[EM] primary elections
Alex Small
alex_small2002 at yahoo.com
Sun Feb 20 11:10:11 PST 2005
Bart-
Good points. Advancing the top N would be a bad idea if the top N were determined by Approval totals. OTOH, if the top N were determined by first-choice vote totals then parties (especially small parties or compromise parties) that split their vote would be excluded from the final round. And if we went by the original proposal in this thread and advanced anybody with over 1% approval then, leaving aside strategic objections for a moment, the field would probably be pretty crowded so the primary wouldn't really serve its purpose of narrowing the field.
So separate partisan primaries seem the way to go for partisan races.
But for local races there is a real dilemma when local races are non-partisan. One could argue for simply using a good single-winner method that can handle more than 2 candidates and be done with it, and not have a primary. However, many people see value in winnowing down the field to allow for more focused debate before making a final choice.
If this is to be done, how do we justify to voters the notion of using anything other than top 2 runoff? It would be hard to justify bringing 3 or more cnadidates into the final round. Sure, we could all think of good reasons that satisfy us, but will they satisfy the average voter?
Here's a thought: If there's a CW and he also has majority approval then he wins without a second round. That's in some ways a less stringent criterion than the criterion in top 2 runoff (majority of 1st place votes) but still fairly stringent (he has to pass 2 tests, not 1).
If no candidate passes both criteria then only advance 2 to the final round. One of them should be the CW if he exists. But I'm not sure whom the other should be.
Perhaps the remaining candidate with the greatest approval, but that runs the risk of a faction approving some doofus to make sure their candidate has an easy opponent in the final round. Be careful, though: A great number of doofuses have been elected to a variety of offices. (I shall refrain from identifying them, although a certain Senator from Massachusettes and a certain former Justice of the Alabama Supreme Court would surely make the list.)

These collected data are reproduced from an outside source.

// A `*` on top, with one more qualifier behind these.
fn push_star(
    qualifiers: Vec<Qualifier>,
    qualifier: Qualifier,
    stack: &mut Stack,
) -> Result<(), NoMemory>
    ensures { OnOk result (stack_of stack.new ≡ marks.push (marks.star_frame (qualifiers_of qualifiers.items ++ qualifier_of qualifier ∷ [])) (stack_of stack.old)) }
{
    let more = extended_qualifiers(qualifiers, qualifier)?;
    stack.push(Frame::Star(more))
}

// The qualifiers of a `*`, or the frame itself where it is of another kind.
fn star_qualifiers(frame: Frame) -> Result<Vec<Qualifier>, Frame>
    ensures { MatchResult result (λ qualifiers. frame_of frame ≡ marks.star_frame (qualifiers_of qualifiers.items)) (λ other. (other ≡ frame) × (is_star (frame_of frame) ≡ false)) }
{
    match frame {
        Frame::Star(qualifiers) => Ok(qualifiers),
        other => Err(other),
    }
}

/// Where a declarator is wanted, or a qualifier of the `*` before.
pub fn on_starred(
    alloc: Global,
    context: &mut Context,
    token: &Token,
) -> Result<Option<Mode>, NoMemory>
    ensures { Moves result context.new (code.on_starred (stack_of context.old.stack) context.old.names (token_of token.now)) }
{
    let Kind::Qualifier(qualifier) = token.kind else {
        return on_declarator(alloc, context, token);
    };
    let Some(frame) = context.stack.pop() else {
        return Ok(None);
    };
    match star_qualifiers(frame) {
        Ok(qualifiers) => {
            push_star(qualifiers, qualifier, &mut context.stack)?;
            Ok(Some(Mode::Declarator))
        }
        Err(other) => {
            drop(other);
            Ok(None)
        }
    }
}

// Behind a parameter without more of it: a comma, or the end of the parameters.
fn on_parameter(
    alloc: Global,
    parameters: ParametersPart,
    context: &mut Context,
    token: &Token,
) -> Result<Option<Mode>, NoMemory>
    ensures { Moves result context.new (code.on_parameter (parameters_part_of parameters) (parameters_part_of parameters) (stack_of context.old.stack) context.old.names (token_of token.now)) }
{
    if is_comma(token) {
        let mode = Mode::Specifiers(no_specifier(alloc));
        return pushed(mode, Frame::Parameter(parameters), context);
    }
    if is_right_paren(token) {
        return parameters_end(alloc, parameters, context);
    }
    drop(parameters);
    Ok(None)
}

// Behind one more parameter with no name: a comma, or the end of the parameters.
fn after_abstract_parameter(
    alloc: Global,
    parameters: ParametersPart,
    specifiers: SpecifiersPart,
    declarator: AbstractPart,
    context: &mut Context,
    token: &Token,
) -> Result<Option<Mode>, NoMemory>
    ensures { Moves result context.new (code.on_parameter (part.add_abstract (parameters_part_of parameters) (specifiers_part_of specifiers) (abstract_part_of declarator)) (part.last_abstract (parameters_part_of parameters) (specifiers_part_of specifiers) (abstract_part_of declarator)) (stack_of context.old.stack) context.old.names (token_of token.now)) }
{
    if is_comma(token) {
        let more = add_abstract(parameters, specifiers, declarator)?;
        let mode = Mode::Specifiers(no_specifier(alloc));
        return pushed(mode, Frame::Parameter(more), context);
    }
    if is_right_paren(token) {
        let all = last_abstract(alloc, parameters, specifiers, declarator)?;
        return parameters_end(alloc, all, context);
    }
    drop(parameters);
    drop(specifiers);
    drop(declarator);
    Ok(None)
}

// Behind an abstract declarator of a parameter, or where there is none, the frame of the parameters
// being taken off.
fn on_abstract_parameter_in(
    alloc: Global,
    specifiers: SpecifiersPart,
    declarator: AbstractPart,
    frame: Frame,
    context: &mut Context,
    token: &Token,
) -> Result<Option<Mode>, NoMemory>
    ensures { (nest : marks.Nest) → Moves result context.new (code.on_abstract_parameter (specifiers_part_of specifiers) (abstract_part_of declarator) (marks.above (frame_of frame) nest (stack_of context.old.stack)) context.old.names (token_of token.now)) }
{
    match frame {
        Frame::Parameter(parameters) => {
            after_abstract_parameter(alloc, parameters, specifiers, declarator, context, token)
        }
        other => {
            drop(other);
            drop(specifiers);
            drop(declarator);
            Ok(None)
        }
    }
}

// Behind an abstract declarator of a parameter, or where there is none.
fn on_abstract_parameter(
    alloc: Global,
    specifiers: SpecifiersPart,
    declarator: AbstractPart,
    context: &mut Context,
    token: &Token,
) -> Result<Option<Mode>, NoMemory>
    ensures { Moves result context.new (code.on_abstract_parameter (specifiers_part_of specifiers) (abstract_part_of declarator) (stack_of context.old.stack) context.old.names (token_of token.now)) }
{
    match context.stack.pop() {
        Some(frame) => {
            on_abstract_parameter_in(alloc, specifiers, declarator, frame, context, token)
        }
        None => {
            drop(specifiers);
            drop(declarator);
            Ok(None)
        }
    }
}

// Behind the type name in parentheses, the frame being taken off.
fn type_named_in(
    alloc: Global,
    type_name: TypePart,
    frame: Frame,
    context: &mut Context,
) -> Result<Option<Mode>, NoMemory>
    ensures { (nest : marks.Nest) → Moves result context.new (code.type_named (type_part_of type_name) (marks.above (frame_of frame) nest (stack_of context.old.stack)) context.old.names) }
{
    match frame {
        Frame::CastType { at } => operand_on(Frame::Cast { at, type_name }, context),
        Frame::SizeofType { at } => {
            let whole = sizeof_type_part(alloc, at, type_name)?;
            Ok(Some(Mode::AfterSizeof(whole)))
        }
        other => {
            drop(other);
            drop(type_name);
            Ok(None)
        }
    }
}

// Behind the type name in parentheses.
fn type_named(
    alloc: Global,
    type_name: TypePart,
    context: &mut Context,
) -> Result<Option<Mode>, NoMemory>
    ensures { Moves result context.new (code.type_named (type_part_of type_name) (stack_of context.old.stack) context.old.names) }
{
    match context.stack.pop() {
        Some(frame) => type_named_in(alloc, type_name, frame, context),
        None => {
            drop(type_name);
            Ok(None)
        }
    }
}

// Behind an abstract declarator, or where there is none, in a frame that has no `*`.
fn end_abstract(
    alloc: Global,
    frame: Frame,
    declarator: AbstractPart,
    context: &mut Context,
    token: &Token,
) -> Result<Option<Mode>, NoMemory>
    requires { is_star (frame_of frame) ≡ false }
    ensures { (nest : marks.Nest) → Moves result context.new (code.climb_abstract (abstract_part_of declarator) (marks.above (frame_of frame) nest (stack_of context.old.stack)) context.old.names (token_of token.now)) }
{
    match frame {
        Frame::ParameterOf(specifiers) => {
            on_abstract_parameter(alloc, specifiers, declarator, context, token)
        }
        Frame::TypeName(specifiers) => {
            if !is_right_paren(token) {
                drop(specifiers);
                drop(declarator);
                return Ok(None);
            }
            type_named(alloc, type_part(specifiers, declarator)?, context)
        }
        Frame::Open => {
            let is_whole = is_right_paren(token) && declarator.is_some;
            let mode = Mode::AfterAbstract(abstract_parenthesized_part(declarator));
            Ok(end_if(is_whole, mode))
        }
        other => {
            drop(other);
            drop(declarator);
            Ok(None)
        }
    }
}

Another possibility would be to look at the remaining candidates and, if there's a CW amongst them, send him to the second round. It would be easy to say that there's no need for a second round if there's a CW, but the whole point is that the process should include more deliberation. If the CW of the first round remains the people's choice then he'll coast to victory. If, on the other hand, they have second thoughts about him, well, good thing we had that second round.
But I'm not sure what to do if there's no CW, or if there's a CW but a cycle among the remaining candidates. I guess you could always use your favorite Condorcet cycle resolution method, but that's a whole other can of worms.
Anyway, I don't claim to have any answers on this, just some things to think about.
Alex
Bart Ingles wrote:
Open or blanket primaries make it easier to engage in pushover strategy,
where one party tries to make sure the opposing party nominates a weak
candidate who can be easily defeated in the general election. That's
the main reason most parties (e.g. Democrat, Republican, Libertarian)
oppose open primaries. A blanket primary was just defeated in
California (November 2004).
Also, using an approval-like method in the first round of a two-round
election makes possible risk-free collusion strategies, where two
parties gang up to exclude a third (perhaps Condorcet candidate) so that
they can face each other in the final round.
Would this proposal allow both strategies to be pursued simultaneously?
My preference at present is for a plain approval primary, which is
either a closed primary or a California-style "modified open primary" in
which voters can choose any party on election day but can only
participate in that party's primary.